Der offene Brief, den der Elternbeirat auch unserer Redaktion zur Verfügung gestellt hat, enthält deutliche Worte. Die Auswirkungen der höheren Kita-Gebühren auf Familien seien dramatisch, heißt es darin zum Beispiel. Und dass man sich nun „mit großer Sorge und wachsender Verzweiflung“ an die beiden Landtagsabgeordneten wende.

Hintergrund ist, dass der Lahrer Gemeinderat vor knapp einem Jahr die Kita-Gebühren angehoben hat. Demnach gingen sie im September 2025 um durchschnittlich 15 Prozent nach oben, bei Ganztagsplätzen um 20 Prozent. Eine weitere Erhöhung in dieser Größenordnung folgt zum September 2026. In den beiden kommenden Jahren steigen die Gebühren wiederum um je 20 Prozent.

Bei der Festsetzung der Gebühren habe man sich an umliegenden Gemeinden, Empfehlungen der Kommunalen Landesverbände und Kirchen sowie städtischen Gebührenkalkulationen orientiert, hieß es dazu aus der Verwaltung. Die Vertreter der Stadt betonten außerdem, dass finanzschwache Familien gesetzliche Förderansprüche haben.

Die Eltern rechnen vor, was sie die Betreuung kostet

In ihrem Brief verdeutlichen die Eltern dagegen, was die Gebührenerhöhung für sie bedeutet: Die Kosten für die Kinderbetreuung in Lahr würden von 2025 bis 2028 insgesamt um rund 107 Prozent steigen. Eine Familie mit zwei Kindern – ein U3-Kind und ein Ü3-Kind – müsse nach den neuen Gebühren künftig bereits rund 782 Euro pro Monat für Betreuung und Verpflegung bezahlen.

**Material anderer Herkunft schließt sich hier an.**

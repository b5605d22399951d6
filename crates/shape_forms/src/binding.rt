//! Names that are bound, and written types.
ghost use Rattle.std.specs.Prelude.{◌≡◌, ◌∷◌, [], IfOk, OnOk};
ghost use Rattle.sail_core.specs.declared.patterns.Arm.TheVariants as A;
ghost use Rattle.sail_types.specs.declared.shapes.Shape.TheVariants as V;
ghost use Rattle.shape_rules.specs.Around.{setting_of};
ghost use Rattle.shape_rules.specs.Findings.{first_failure};
ghost use Rattle.shape_rules.specs.Scopes.{under, variable, constant};
ghost use Rattle.shape_rules.specs.Patterns.{look as look_of, no_widths, written_shape as written_shape_of};
ghost use Rattle.shape_rules.specs.Statements as spec;

use crate::openness::note_open;
use sail_base::{Items, Place};
use sail_core::{Arm, Counting, Pattern, Written};
use sail_syntax::{Direction, Name, Pat, TyExp};
use sail_types::Shape;
use shape_calls::has_never;
use shape_rules::{Around, First, Local, Locals, ShapeError};
use shape_walks::look;
use std::alloc::{AllocError, Global};
use written_types::{note_written, shape_in, written};

/// Notes the variables in a type, where one is written, that get no number.
pub fn note_typ(
    alloc: Global,
    typ: &Option<TyExp>,
    around: &Around<'_>,
    first: &mut First,
) -> Result<(), AllocError>
    ensures { OnOk result (first.new.error ≡ first_failure first.old.error (spec.typ_faults (setting_of around.now) typ.now)) }
{
    match typ {
        Some(typ) => note_written(alloc, typ, &around.scope, first),
        None => Ok(()),
    }
}

/// A type as the core has it, where one is written.
pub fn written_if(
    alloc: Global,
    typ: &Option<TyExp>,
    around: &Around<'_>,
) -> Result<Option<Written>, AllocError>
    ensures { IfOk result (λ made. made ≡ spec.written_if (setting_of around.now) typ.now) }
{
    match typ {
        Some(typ) => written(alloc, typ, &around.scope),
        None => Ok(None),
    }
}

/// The shape of a type; `Never`, where none is written.
pub fn written_shape(
    alloc: Global,
    typ: &Option<TyExp>,
    around: &Around<'_>,
) -> Result<Shape, AllocError>
    ensures { IfOk result (λ shape. shape ≡ written_shape_of (setting_of around.now) typ.now) }
{
    match typ {
        Some(typ) => shape_in(alloc, typ, &around.scope),
        None => Ok(Shape::Never),
    }
}

/// Puts a `var` in scope: of the written type's shape, and else of its value's.
pub fn enter_variable(
    alloc: Global,
    name: &Name,
    typ: &Option<TyExp>,
    around: &Around<'_>,
    shape: Shape,
    locals: &mut Locals,
) -> Result<(), AllocError>
    ensures { OnOk result (locals.new
        ≡ variable name.now.text (spec.declared_shape (setting_of around.now) typ.now shape) ∷ locals.old) }
{
    let shape = match typ {
        Some(typ) => shape_in(alloc, typ, &around.scope)?,
        None => shape,
    };
    let name = name.text.clone()?;
    locals.enter(Local {
        name,
        shape,
        is_variable: true,
    })
}

/// Notes a shape that leaves something open, where no type is written.
pub fn note_hole(place: Place, is_typed: bool, shape: &Shape, first: &mut First)
    ensures { first.new.error ≡ first_failure first.old.error (spec.hole_faults place is_typed shape.now) }
{
    if !is_typed {
        note_open(place, shape, first);
    }
}

/// Notes what a writer gives in a chain, where a part of its shape isn't known and nothing has failed.
pub fn note_answer(place: Place, is_failed: bool, shape: &Shape, first: &mut First)
    ensures { first.new.error ≡ first_failure first.old.error (spec.answer_faults place is_failed shape.now) }
{
    if !is_failed {
        if has_never(shape) {
            let mismatch = None;
            first.note(ShapeError::IllShaped { place, mismatch });
        } else {
            note_open(place, shape, first);
        }
    }
}

/// A pattern that is matched with values of this shape, as an arm; the names that it binds come into scope.
pub fn enter_pattern(
    alloc: Global,
    pattern: &Pat,
    around: &Around<'_>,
    locals: &mut Locals,
    subject: &Shape,
    first: &mut First,
) -> Result<Arm, AllocError>
    ensures arm { IfOk result (λ arm. arm
        ≡ A.Nested ((look_of pattern.now (setting_of around.now) no_widths subject.now).pattern ∷ [])) }
    ensures locals { OnOk result (locals.new
        ≡ under (look_of pattern.now (setting_of around.now) no_widths subject.now).binds locals.old) }
    ensures failures { OnOk result (first.new.error ≡ first_failure first.old.error
        (look_of pattern.now (setting_of around.now) no_widths subject.now).faults) }
{
    let mut binds = Items::new(alloc);
    let pattern = look(alloc, pattern, around, &[], subject, &mut binds, first)?;
    enter_all(locals, binds)?;
    nested(alloc, pattern)
}

/// An arm of one pattern.
fn nested(alloc: Global, pattern: Pattern) -> Result<Arm, AllocError>
    ensures { IfOk result (λ arm. arm ≡ A.Nested (pattern ∷ [])) }
{
    let mut patterns = Items::new(alloc);
    patterns.push(pattern)?;
    Ok(Arm::Nested(patterns))
}

/// Puts names in scope, the first of them first.
fn enter_all(locals: &mut Locals, binds: Items<Local>) -> Result<(), AllocError>
    ensures { OnOk result (locals.new ≡ under binds locals.old) }
{
    for local in binds.into_vec() {
        locals.enter(local)?;
    }
    Ok(())
}

/// Puts the name that a `foreach` counts by in scope.
pub fn enter_counter(name: &Name, locals: &mut Locals) -> Result<(), AllocError>
    ensures { OnOk result (locals.new ≡ constant name.now.text V.Int ∷ locals.old) }
{
    let name = name.text.clone()?;
    locals.enter(Local {
        name,
        shape: Shape::Int,
        is_variable: false,
    })
}

/// Which way a `foreach` counts.
pub fn counting(direction: Direction) -> Counting
    ensures { result ≡ spec.counting direction }
{
    match direction {
        Direction::Up => Counting::Up,
        Direction::Down => Counting::Down,
    }
}
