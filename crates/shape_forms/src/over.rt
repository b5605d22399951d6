//! A form of one shape over its parts.
ghost use Rattle.std.specs.Prelude.{◌≡◌, IfOk, OnOk};
ghost use Rattle.shape_rules.specs.Findings.{first_failure};
ghost use Rattle.shape_calls.specs.Made.{made_of};
ghost use Rattle.shape_forms.specs.Over.{over_found};

use sail_base::{Items, Place};
use sail_core::{Core, Kind};
use sail_types::Shape;
use shape_calls::{Made, over, settled};
use shape_rules::First;
use std::alloc::{AllocError, Global};

/// A form of this shape over its parts, where a shape is wanted (`Never`, where none is): notes where it isn't the wanted one. The one
/// error is want of memory.
#[tactic(auto, unfolding(crate::specs::Over::over_found))]
pub fn settle_over(
    alloc: Global,
    place: Place,
    want: &Shape,
    shape: Shape,
    kind: Kind,
    parts: Items<Core>,
    first: &mut First,
) -> Result<Made, AllocError>
    ensures made { IfOk result (λ made. made ≡ made_of (over_found place want.now shape kind parts)) }
    ensures failures { OnOk result (first.new.error
        ≡ first_failure first.old.error (over_found place want.now shape kind parts).faults) }
{
    settled(alloc, place, want, shape, over(place, kind, parts), first)
}
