ghost use Rattle.std.specs.Prelude.{◌≡◌};
ghost use Rattle.type_arguments.specs.Taken.{number_of, constraint_of, typ_of, argument_of};

use sail_types::{Con, Index, Num, Typ};

/// What the text of a type stands for, by its kind.
pub enum Normal {
    /// Of the kind `Int`: a number.
    Number(Num),
    /// Of the kind `Bool`: a constraint.
    Constraint(Con),
    /// Of the kind `Type`: a type.
    Typ(Typ),
}

impl Drop for Normal {
    fn drop(self) {
        match self {
            Normal::Number(_) => {}
            Normal::Constraint(_) => {}
            Normal::Typ(_) => {}
        }
    }
}

impl Normal {
    /// The number, where it is one.
    pub fn into_number(self) -> Option<Num>
        ensures { result ≡ number_of self }
    {
        match self {
            Normal::Number(number) => Some(number),
            Normal::Constraint(_) => None,
            Normal::Typ(_) => None,
        }
    }

    /// The constraint, where it is one.
    pub fn into_constraint(self) -> Option<Con>
        ensures { result ≡ constraint_of self }
    {
        match self {
            Normal::Number(_) => None,
            Normal::Constraint(constraint) => Some(constraint),
            Normal::Typ(_) => None,
        }
    }

    /// The type, where it is one.
    pub fn into_typ(self) -> Option<Typ>
        ensures { result ≡ typ_of self }
    {
        match self {
            Normal::Number(_) => None,
            Normal::Constraint(_) => None,
            Normal::Typ(typ) => Some(typ),
        }
    }

    /// An argument of a named type: of the kind `Int` or `Bool`, or else a type.
    pub fn into_argument(self) -> Result<Index, Typ>
        ensures { result ≡ argument_of self }
    {
        match self {
            Normal::Number(number) => Ok(Index::Number(number)),
            Normal::Constraint(constraint) => Ok(Index::Truth(constraint)),
            Normal::Typ(typ) => Err(typ),
        }
    }
}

Nach den bereits beschlossenen weiteren Erhöhungen würden diese Kosten bis 2028 auf etwa 1126 Euro monatlich steigen, rechnen die Eltern vor. „Das entspricht über 12.386 Euro pro Jahr – allein für Kinderbetreuung. Für normale berufstätige Familien ist das nicht mehr tragbar.“

In Deutschland regelt jedes Bundesland die Kita-Gebühren selbst. In den vergangenen Jahren haben zahlreiche Bundesländer Maßnahmen ergriffen, um Familien finanziell zu entlasten. In Berlin etwa sind die Kitas seit 2018 für alle Kinder beitragsfrei. In Rheinland-Pfalz sind sie für Kinder ab dem zweiten Lebensjahr gebührenfrei, in Brandenburg ab dem dritten – die Liste ließe sich fortsetzen. Dagegen gibt es in Baden-Württemberg keine landesweit verbindliche Regelung. In den vergangenen Jahren haben deshalb viele finanziell klamme Kommunen die Kita-Gebühren angehoben, Lahr bildet da keine Ausnahme.

Die Eltern der Kita Farbklecks nehmen das zum Anlass für kritische Fragen: „Wie kann es sein, dass Eltern im Sozialstaat Deutschland mit solchen Betreuungskosten konfrontiert werden? Wie kann es sein, dass andere Bundesländer die Eltern deutlich stärker entlasten oder die Betreuung sogar beitragsfrei anbieten – aber ausgerechnet Baden-Württemberg, eines der wirtschaftsstärksten und reichsten Bundesländer, dies nicht schafft?“

Diese Entwicklung führe dazu, dass immer mehr Eltern, vor allem Mütter, ihre Arbeitszeit reduzieren oder ihre Berufstätigkeit ganz aufgeben, weil sich Arbeiten kaum noch für sie lohnt. Dadurch würden Frauen stärker finanziell vom Partner abhängig gemacht und ein deutlich höheres Risiko tragen, später in Altersarmut zu geraten, warnt der Elternbeirat in seinem Schreiben. „Es ist ehrlich gesagt zum Weinen“, heißt es in dem Brief.

Die Eltern appellieren an die Landtagsabgeordneten

Auch mit Blick auf die demografische Entwicklung sei diese Politik alarmierend. Deutschland habe derzeit die niedrigste Geburtenrate seit 1946. „Viele junge Familien erleben schon heute, dass Kinder zunehmend zu einer finanziellen Belastung werden, die kaum noch zu stemmen ist. Wer ernsthaft möchte, dass sich Menschen für Kinder entscheiden, darf Familien nicht mit immer höheren Betreuungskosten belasten“, so der offene Brief.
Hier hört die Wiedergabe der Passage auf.